Friday, April 21, 2006

For every action, there is an equal and opposite reaction

If I'm going to enjoy my weekend, I have to get this out of my system now, so please bear with me.

I am completely outraged by the extreme apathy and inexplicable lack of action by those around me regarding the discussion of gas prices. Obviously, everyone I know is upset about them. Clearly, gas prices have risen to the point that it's a little prohibitive for people to just hop in their cars (I'm not even talking about SUVs yet) and take a nice little Sunday afternoon drive without being out $50 when they head to their neighborhood Shell station to fill up. I have yet to meet one person who is absolutely thrilled about paying $3 a gallon, or even worse, the prospect that it's only going to get more expensive as summer approaches. The infuriating part of all of this is that the general public response following any kind of complaining and kvetching is "Well, what are you gonna do?", with the obligatory shoulder shrug and conceding eyebrow lift that says, "Is there anything I can do to make the oil and gas industry more comfortable as it rapes me?"
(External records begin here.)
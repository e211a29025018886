// A node's row, and what questions about the rows are answered with.

use super::names::NAME_UNITS;

// A node with its one entry: the directory that has the entry, and the name there, whose units are the first `len` of `name`.
// By an array and a length, since a row can be copied, and the kit's vectors in place can't.
#[derive(Clone, Copy)]
pub struct Row {
    pub parent: usize,
    pub name: [u16; NAME_UNITS],
    pub len: usize,
    // a flag, since no value comes with what a node is, and `contains` answers it of an attribute
    pub directory: bool,
}

// What a directory has at a position: itself, the directory above, or the entry of a node.
#[derive(Clone, Copy, PartialEq, Eq, Debug)]
pub enum Listed {
    Dot,
    DotDot,
    Child(usize),
}

// Where a path leads: nowhere further, or to the last component in a directory.
// An enum and no Option in an Option: that a path leads nowhere is the None of `lead`.
#[derive(Clone, Copy, PartialEq, Eq, Debug)]
pub enum Led<'a> {
    Own,
    Last(usize, &'a [u16]),
}

// The node of a name that was entered in a directory: it was there, or it was made.
#[derive(Clone, Copy, PartialEq, Eq, Debug)]
pub enum Entered {
    Found(usize),
    Made(usize),
}

// Why a name has no node after it was to be entered.
#[derive(Clone, Copy, PartialEq, Eq, Debug)]
pub enum EnterError {
    NotADirectory,
    BadName,
    Full,
}
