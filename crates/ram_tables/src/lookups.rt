// What the nodes' rows say.
ghost use Rattle.std.specs.Prelude.{◌≡◌, ℕ, ◌+◌, ◌<◌, ◌≤◌, false, length, IfSome, Decides, ◌≢◌};
ghost use Rattle.std.specs.Option.{option_copied};
ghost use Rattle.ram_tables.specs.Tables.{row, name_of_row, FirstThat};
ghost use Rattle.ram_tables.specs.Meaning.{rows_of};
ghost use Rattle.ram_tables.specs.Lookups.{Finds, Lists};
ghost use Rattle.ram_tables.specs.Moves.{HasEntries};

use super::names::NAME_UNITS;
use super::rows::{Listed, Row};
use super::tables::{NodeTable, ROOT};

impl Row {
    // The units of its name; no row has more than there are.
    pub fn units(&self) -> &[u16]
        ensures { result.now ≡ name_of_row self.now }
    {
        &self.name[..self.len.min(NAME_UNITS)]
    }

    // Whether its name may have so many units: a lookup compares the lengths first, and no row has more units than there are.
    fn has_length(&self, len: usize) -> bool
        ensures { result ≡ false → length (name_of_row self.now) ≢ len }
    {
        self.len == len || self.len > NAME_UNITS
    }

    // Whether it is the row of an entry of the directory with the name.
    fn is_named(&self, d: usize, name: &[u16]) -> bool
        ensures { Decides result ((self.now.parent ≡ d) × (name_of_row self.now ≡ name.now)) }
    {
        self.parent == d && self.has_length(name.len()) && self.units() == name
    }
}

impl NodeTable {
    // The row of a node.
    pub fn row(&self, n: usize) -> Option<&Row>
        ensures is { option_copied result ≡ row (rows_of self.now) n }
        ensures short { IfSome result (λ x. x.now.len ≤ 64) }
    {
        self.rows.row(n)
    }

    // The node that a directory's entry names so. The two stand apart here and elsewhere, as in the rules on a volume's calls.
    pub fn entry(&self, d: usize, name: &[u16]) -> Option<usize>
        ensures found { Finds (rows_of self.now) d name.now result }
        ensures within { IfSome result (λ n. n < 64) }
    {
        self.rows.find(1, |_, row| row.is_named(d, name))
    }

    // Whether a directory has entries.
    pub(super) fn has_entries(&self, d: usize) -> bool
        ensures { Decides result (HasEntries (rows_of self.now) d) }
    {
        self.child_from(d, 1).is_some()
    }

    // The first entry of a directory from a node's number on.
    fn child_from(&self, d: usize, first: usize) -> Option<usize>
        ensures { FirstThat (rows_of self.now) (λ n x. (first ≤ n) × (x.parent ≡ d)) (λ n x. first ≤ n → x.parent ≢ d) result }
    {
        self.rows.find(first, |_, row| row.parent == d)
    }

    // What a directory has next from a position on; none at its end.
    pub fn next(&self, d: usize, position: u64) -> Option<Listed>
        ensures { Lists (rows_of self.now) d position result }
    {
        if d != ROOT && position < 2 {
            return Some(if position == 0 {
                Listed::Dot
            } else {
                Listed::DotDot
            });
        }
        let first = position.max(3) - 2;
        let n = self.child_from(d, first as usize)?;
        Some(Listed::Child(n))
    }
}
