// The two tables, with what each always keeps.
ghost use Rattle.std.specs.Prelude.{◌≡◌, length};
ghost use Rattle.ram_tables.specs.Tables.{Whole};

use super::rows::Row;
use super::table::Table;
use volume::Handle;

// How many nodes there can be, the root among them, and how many open handles.
pub(super) const NODES: usize = 64;

pub(super) const HANDLES: usize = 16;

// The root's number.
pub const ROOT: usize = 0;

// The nodes by their numbers. An entry names its node by number, since there is no heap for links.
#[derive(Drop)]
pub struct NodeTable {
    pub(super) rows: Table<Row, NODES>,
    ghost long: { length rows ≡ 64 },
    ghost whole: { ∥ Whole rows ∥₁ },
}

// The open handles by their numbers.
#[derive(Drop)]
pub struct HandleTable {
    pub(super) rows: Table<Handle, HANDLES>,
    ghost long: { length rows ≡ 16 },
}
We are partially at fault for the unreasonable gas prices we're paying. During hurricane season last year, we allowed oil and gas companies to practice organized and sanctioned price gouging while we did little more than whine and pay up. The industry saw that the American public is willing to pay quite a bit of cash to keep gas in their cars, and they have now seized the opportunity to make record profits off our apathy. Meanwhile, Average Joe stands at the pump with his credit card in hand saying, "Wow, I can't believe I'm paying this much for gas!"

Joe, I can't believe you are either, because I for one, refuse. I recognize the fact that, as a young adult with an active social life, a demanding job, and friends and family scattered up and down the Eastern seaboard, it is unreasonable for me to say that I will never drive again. I actually plan on driving to North Carolina in a couple of weeks to see my aunt, and when I look at my gas receipts after the trip, I'm sure I'm going to wish I had bought a plane ticket instead. Despite all this, I do recognize that I have complete control over when and how I spend my money. I've decided that I'm not filling my car up more than once every 5 weeks, and you'd better believe that when I do get gas, it's sure not going to be from Exxon, because they don't need anymore help with their 2nd quarter profits. If I have to carpool with someone, I will. If it takes me a hour to get home because I have to wait in the rain for a bus, I will. If I'm a little late for an outing with a friend because I opted to walk from my office rather than drive my car in, I will.
Don't get me wrong- I'm not naiive enough to think that my personal refusal to feed my gasoline addiction is going to have any kind of effect on market prices. I know it won't. The average American commutes 50 minutes to work, which makes gasoline a necessity, not a luxury. Like all other necessities, though, we can control how much we use.

I am naiive enough to think that maybe some people will start to rethink their gas consumption a little. Maybe you'll decide to make your tank of gas last a few extra days by planning to run errands with a friend, and you can take turns driving. Maybe you'll take a look at the ridiculously inconvenient public transportation schedule where you live and take the bus once a week. Or maybe just walk somewhere today instead of driving?